SUPPLIED DATA >>
****************************************
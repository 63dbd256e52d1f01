// What a component holds, and what it is in a data set.

/// The basic type of a component.
#[derive(Clone, Copy, Debug, PartialEq, Eq)]
pub enum Kind {
    Integer,
    Number,
    Text,
    Truth,
}

/// What a component is in a data set. A viral attribute is handed on by every operator.
#[derive(Clone, Copy, Debug, PartialEq, Eq)]
pub enum Role {
    Identifier,
    Measure,
    Attribute,
    Viral,
}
****************************************
REQUIRED ACTION >> Having read the records, return each one exactly.

PROBLEM SOLUTION >>
repository 63dbd256e52d1f01
// What a component holds, and what it is in a data set.

/// The basic type of a component.
#[derive(Clone, Copy, Debug, PartialEq, Eq)]
pub enum Kind {
    Integer,
    Number,
    Text,
    Truth,
}

/// What a component is in a data set. A viral attribute is handed on by every operator.
#[derive(Clone, Copy, Debug, PartialEq, Eq)]
pub enum Role {
    Identifier,
    Measure,
    Attribute,
    Viral,
}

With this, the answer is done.